宋玉清是个天性放脱潇洒之人,他的关心从不表现在面上,几十年了,他什么没见到过,什么没经历过?他已有二十年未出过逍遥谷了,无论什么原因,他就是没出去过,这次也是二十年来的第一次,逍遥谷中是那么宁静安逸,那是世间最好的地方,不,他不属于这个世间,他属于逍遥谷,对逍遥谷属于逍遥谷,他不属于任何人、任何世物!但宋玉清还是要出来,他本来是决不会出来的,出来他师父童蒙,天下间也没有人能令他出来,当然除非他自己愿意,他出来当然只是因为听到李剑英的师妹好像是叫做“李月玲”的女子被那个黑衣人组织抓了,他出来当然只是为了救他,尽管他与李月玲从未见过面,甚至只是第二次听说,但她是“李剑英唯一的师妹”这条理由就够了。

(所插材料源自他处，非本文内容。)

ghost use Rattle.std.specs.Prelude.{◌≡◌, IfOk};
ghost use Rattle.script_tree.specs.Programs.{Program};
ghost use Rattle.script_code.specs.Translated.{IsCodeOf};

use crate::instruction::{Instruction, Shape, TestShape};
use crate::translate::Code;
use basis::Items;
use script_tree::value::{Node, Value};
use std::alloc::{AllocError, Global};

impl Code {
    /// A copy whose texts are its own, so that two threads with a copy each count no references of
    /// one text.
    pub fn copy(&self, alloc: Global) -> Result<Code, AllocError>
        ensures { (program : Program) → IsCodeOf program self.now
            → IfOk result (IsCodeOf program) }
    {
        let mut instructions = Vec::with_capacity(alloc, self.instructions.len())?;
        for instruction in &self.instructions {
            instructions.push(instruction.copy(alloc)?)?;
        }
        Ok(Code {
            instructions,
            functions: self.functions.as_slice().to_vec(alloc)?,
            pages: self.pages.clone()?,
        })
    }
}

impl Instruction {
    fn copy(&self, alloc: Global) -> Result<Instruction, AllocError>
        ensures { IfOk result (λ copy. copy ≡ self.now) }
    {
        let copy = match self {
            Instruction::Push(value) => Instruction::Push(own(alloc, value)?),
            Instruction::Load(slot) => Instruction::Load(*slot),
            Instruction::Unary(operator) => Instruction::Unary(*operator),
            Instruction::Binary(operator) => Instruction::Binary(*operator),
            Instruction::Index => Instruction::Index,
            Instruction::List(count) => Instruction::List(*count),
            Instruction::CallBuiltin(builtin, count) => Instruction::CallBuiltin(*builtin, *count),
            Instruction::CallStore(builtin, store, count) => {
                Instruction::CallStore(*builtin, store.clone()?, *count)
            }
            Instruction::Call(number, count) => Instruction::Call(*number, *count),
            Instruction::CallUnknown(count) => Instruction::CallUnknown(*count),
            Instruction::Transact(shapes) => Instruction::Transact(copies(alloc, shapes)?),
            Instruction::And(past) => Instruction::And(*past),
            Instruction::Or(past) => Instruction::Or(*past),
            Instruction::Branch(past) => Instruction::Branch(*past),
            Instruction::Again(back) => Instruction::Again(*back),
            Instruction::Jump(past) => Instruction::Jump(*past),
            Instruction::Each(past) => Instruction::Each(*past),
            Instruction::Turn(back) => Instruction::Turn(*back),
            Instruction::Leave(count) => Instruction::Leave(*count),
            Instruction::Declare => Instruction::Declare,
            Instruction::Assign(slot) => Instruction::Assign(*slot),
            Instruction::Echo => Instruction::Echo,
            Instruction::Status => Instruction::Status,
            Instruction::Discard => Instruction::Discard,
            Instruction::Return => Instruction::Return,
            Instruction::End => Instruction::End,
            Instruction::Halt => Instruction::Halt,
        };
        Ok(copy)
    }
}

impl Shape {
    fn copy(&self, alloc: Global) -> Result<Shape, AllocError>
        ensures { IfOk result (λ copy. copy ≡ self.now) }
    {
        match self {
            Shape::Insert { table, values } => Ok(Shape::Insert {
                table: *table,
                values: *values,
            }),
            Shape::Select {
                table,
                columns,
                tests,
            } => Ok(Shape::Select {
                table: *table,
                columns: copied_columns(alloc, columns)?,
                tests: copied_tests(alloc, tests)?,
            }),
            Shape::Update {
                table,
                columns,
                tests,
            } => Ok(Shape::Update {
                table: *table,
                columns: copied_columns(alloc, columns)?,
                tests: copied_tests(alloc, tests)?,
            }),
            Shape::Delete { table, tests } => Ok(Shape::Delete {
                table: *table,
                tests: copied_tests(alloc, tests)?,
            }),
            Shape::Expect { table, tests } => Ok(Shape::Expect {
                table: *table,
                tests: copied_tests(alloc, tests)?,
            }),
        }
    }
}

fn copies(alloc: Global, shapes: &Items<Shape>) -> Result<Items<Shape>, AllocError>
    ensures { IfOk result (λ copies. copies ≡ shapes.now) }
{
    let mut copies = Items::new(alloc);
    for shape in shapes.as_slice() {
        copies.push(shape.copy(alloc)?)?;
    }
    Ok(copies)
}

fn copied_columns(alloc: Global, columns: &Items<u32>) -> Result<Items<u32>, AllocError>
    ensures { IfOk result (λ copied. copied ≡ columns.now) }
{
    Ok(Items::from_vec(columns.as_slice().to_vec(alloc)?))
}

fn copied_tests(alloc: Global, tests: &Items<TestShape>) -> Result<Items<TestShape>, AllocError>
    ensures { IfOk result (λ copied. copied ≡ tests.now) }
{
    Ok(Items::from_vec(tests.as_slice().to_vec(alloc)?))
}

/// The value, where it is a text with a text of its own.
fn own(alloc: Global, value: &Value) -> Result<Value, AllocError>
    ensures { IfOk result (λ own. own ≡ value.now) }
{
    match &value.node {
        Node::Text(text) => Value::text(alloc, text.as_ref().clone()?),
        Node::Null | Node::Bool(_) | Node::Number(_) | Node::List(_) => value.clone(),
    }
}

这些年来,宋玉清已习惯于安静,他很享受这份宁静的生活,这一点倒是和现在的李剑英很像,他既然出来了,就要打破这份宁静,他是个年轻的“老人”,当然这一点也与李剑英很像,世人见了他的真面目之后定会以为他只是个小伙子,一个漂亮的小伙子,还是会有许多的少男少女为他的那张脸而疯狂,因为那张脸有太多的魔力,一种难以言喻、令人无法拒却的魔力。但现在,宋玉清却并没有那张充满魔力的脸,他是一个相貌普通、和蔼可亲的中年文士的模样,像许多其他的文士一样,他的手中拿着把折扇,腰间挂着玉佩,他的百衣并不新,但很干净,他的腰间缠着一条玉带,他的打扮很普通吧?但人们却还是会望向他,因为他的手腕、头颈与他的脸上的肤色有些出入,人们看的都是他的手与头颈,他们都很奇怪,有些窃窃私语,但宋玉清却会给出一个文人般的微笑,高明的易容术是不会让人看出易容的痕迹的。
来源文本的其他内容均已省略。